Yes, the SAE levels of automation, specifically where there "driver should take over" are really really tricky. It's almost easier to go to fully autonomous & don't rely on the driver to do anything. I rode in a Waymo in SF the other week & it was really impressive.
I mean, there are lots of places that don’t have bus transit systems. In the small town I grew up in in Ohio, there was basically one bus that went between the nearby university and Cleveland and that was it. It didn’t go to the grocery store, K-12 schools, library, post office, etc. My mom can’t drive and my dad worked all the time, so as a result I walked about two miles to school and two miles back every day.
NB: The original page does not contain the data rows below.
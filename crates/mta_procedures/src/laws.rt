//! Laws of verdicts, copies and reports.

ghost use Rattle.mta_procedures.specs.Laws.{FirstCaseApplies, FirstCaseIsOne, HeadIsInFront, CopyKeepsAllElse};
ghost use Rattle.mta_procedures.specs.Laws.{ReportCopyKeepsAllElse, CopyKeepsRecipients, ResponsibilityIsAsSaid};
ghost use Rattle.mta_procedures.specs.Laws.{CopiesAreAsLong, ProbeCopiesAreAsLong, CopiesAreWhole};
ghost use Rattle.mta_procedures.specs.Laws.{ReportCopiesAreWhole, MembersCopyIsWhole, ListInHistoryHasNoCopy};
ghost use Rattle.mta_procedures.specs.Laws.{MembersCopyIsOne, MadeReportIsWhole};

/// One case is the first that applies, and no other is.
pub fn the_first_case_is_one()
    ensures applies { FirstCaseApplies }
    ensures one { FirstCaseIsOne }
{}

/// The head of a message's copy, and the content behind it, are the copy.
pub fn the_head_is_in_front()
    ensures { HeadIsInFront }
{}

/// A copy is what it is a copy of, but for responsibility and the trace.
pub fn copies_keep_all_else()
    ensures envelopes { CopyKeepsAllElse }
    ensures reports { ReportCopyKeepsAllElse }
    ensures recipients { CopyKeepsRecipients }
{}

/// Responsibility is as said, and no other indicator changes.
pub fn responsibility_is_as_said()
    ensures { ResponsibilityIsAsSaid }
{}

/// A copy has as many octets whichever recipients are chosen and whenever it is made.
pub fn copies_are_as_long()
    ensures messages { CopiesAreAsLong }
    ensures probes { ProbeCopiesAreAsLong }
{}

/// A copy of a message, a probe or a report is one, with all parts in their ranges and what is kept unread at its
/// level.
pub fn copies_are_whole()
    ensures envelopes { CopiesAreWhole }
    ensures reports { ReportCopiesAreWhole }
{}

/// The history of a members' copy has one expansion more; a list that was expanded before has no members' copy.
pub fn expansions_are_recorded()
    ensures none { ListInHistoryHasNoCopy }
    ensures one { MembersCopyIsOne }
{}

/// A members' copy is a message, whose extensions say the history that it has.
pub fn members_copies_are_whole()
    ensures { MembersCopyIsWhole }
{}

/// A report that is made is one, with all parts in their ranges.
pub fn made_reports_are_whole()
    ensures { MadeReportIsWhole }
{}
Now, I agree that the solution is not self-driving cars, but rather better mass transit. But for a lot of people, transit systems aren’t at a place where they can actually use them. And I’m not sure they’ll ever be at that level in some rural areas.
I forget that we have new people on the board sometimes. LOL! This is an old discussion that we have with varying degrees of passion around here.
I mean, there are lots of places that don’t have bus transit systems. In the small town I grew up in in Ohio, there was basically one bus that went between the nearby university and Cleveland and that was it. It didn’t go to the grocery store, K-12 schools, library, post office, etc. My mom can’t drive and my dad worked all the time, so as a result I walked about two miles to school and two miles back every day.
Now, I agree that the solution is not self-driving cars, but rather better mass transit. But for a lot of people, transit systems aren’t at a place where they can actually use them. And I’m not sure they’ll ever be at that level in some rural areas.
I forget that we have new people on the board sometimes. LOL! This is an old discussion that we have with varying degrees of passion around here.
Happy to amend my statement...if you find it onerous to pay attention to the road and live somewhere without alternative forms of transport, first move to a place with transit, then take the bus.